Start of Data for analysis
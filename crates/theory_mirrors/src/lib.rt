//! Walks seen from their other ends: the walk back is the walk reversed. Theory alone: the
//! functions have no body, their contracts are the laws.
//!
//! Start with `specs/Laws.antt`.
#![tactic(auto)]

ghost use Rattle.theory_mirrors.specs.Laws.{HasReversedWalks, HaveSamePlaces};

/// In a model in which no two spaces overlap, a walk that ends at a space has its way back: the point at the
/// walk's depth is a plain point of a face of that space with the opposite normal, and its walk is this walk
/// reversed, to the first space.
pub fn walks_back()
    ensures { HasReversedWalks }
{}

/// Faces of spaces with opposite normals read u and v along the same vectors, and a point further along the
/// normal has the u and v of the first: so both ends of such a walk have one place.
pub fn same_places()
    ensures { HaveSamePlaces }
{}
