use crate::{END, NONE, are_orders};
use std::test::Fail;
use tests_frame::{along_x, along_y, crossing_slabs, falling, fan, rooms};

#[test]
fn the_slabs_of_crossing_slabs(rt: HostRuntime) -> Result<(), Fail> {
    let alloc = rt.alloc();
    let wanted = [
        0, 4, 7, 2, 5, 9, END, 0, 7, 4, 2, 5, 9, END, 0, 7, 2, 9, END, NONE, NONE,
    ];
    assert!(rt;
        are_orders(alloc, crossing_slabs(alloc)?, along_x(), 5, &wanted)?,
        "edges 4 and 7 cross at 10/3, edge 4 ends at 5"
    );
    Ok(())
}

#[test]
fn slabs_of_other_directions(rt: HostRuntime) -> Result<(), Fail> {
    let alloc = rt.alloc();
    let upright = [1, 8, 7, 4, 3, 6, END, 1, 8, 4, 7, 3, 6, END, NONE];
    assert!(rt;
        are_orders(alloc, crossing_slabs(alloc)?, along_y(), 3, &upright)?,
        "from the greatest x on"
    );
    let slanted = [
        3, 6, 7, 2, 5, 9, END, 3, 6, 7, 4, 2, 9, END, 3, 6, 4, 7, 2, 9, END, 0, 7, 1, 8, END, NONE,
    ];
    assert!(rt;
        are_orders(alloc, crossing_slabs(alloc)?, falling(), 5, &slanted)?,
        "edges on one line by their places"
    );
    Ok(())
}

#[test]
fn a_slab_that_no_edge_spans(rt: HostRuntime) -> Result<(), Fail> {
    let alloc = rt.alloc();
    assert!(rt;
        are_orders(
            alloc,
            rooms(alloc, 2)?,
            along_x(),
            4,
            &[0, 2, END, END, 4, 6, END, NONE]
        )?,
        "nothing stands between the rooms"
    );
    assert!(rt;
        are_orders(
            alloc,
            rooms(alloc, 2)?,
            along_y(),
            2,
            &[5, 7, 1, 3, END, NONE]
        )?,
        "edges across it alone"
    );
    assert!(rt;
        are_orders(alloc, rooms(alloc, 0)?, along_x(), 1, &[NONE])?,
        "no edge, no slab"
    );
    Ok(())
}

#[test]
fn three_edges_through_one_point(rt: HostRuntime) -> Result<(), Fail> {
    let alloc = rt.alloc();
    let wanted = [
        6, 8, 0, 1, END, 6, 8, 0, 1, 3, 5, END, 6, 8, 0, 3, 1, 5, END, 6, 8, 3, 0, 1, 5, END, 6, 3,
        8, 0, 1, 5, END, 3, 6, 0, 8, 1, 5, END, 0, 6, 1, 8, END, 0, 1, 6, 8, END, NONE,
    ];
    assert!(rt;
        are_orders(alloc, fan(alloc)?, along_x(), 9, &wanted)?,
        "the order changes at each crossing"
    );
    Ok(())
}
End of Data for analysis
* _Activity_:
Please give back, exactly as it stands above, the stretch from the line with "pub fn same_places()" through the line with "fn slabs_of_other_directions(rt: HostRuntime)", and no line outside it.

* _Task solution_:
pub fn same_places()
    ensures { HaveSamePlaces }
{}
use crate::{END, NONE, are_orders};
use std::test::Fail;
use tests_frame::{along_x, along_y, crossing_slabs, falling, fan, rooms};

#[test]
fn the_slabs_of_crossing_slabs(rt: HostRuntime) -> Result<(), Fail> {
    let alloc = rt.alloc();
    let wanted = [
        0, 4, 7, 2, 5, 9, END, 0, 7, 4, 2, 5, 9, END, 0, 7, 2, 9, END, NONE, NONE,
    ];
    assert!(rt;
        are_orders(alloc, crossing_slabs(alloc)?, along_x(), 5, &wanted)?,
        "edges 4 and 7 cross at 10/3, edge 4 ends at 5"
    );
    Ok(())
}

#[test]
fn slabs_of_other_directions(rt: HostRuntime) -> Result<(), Fail> {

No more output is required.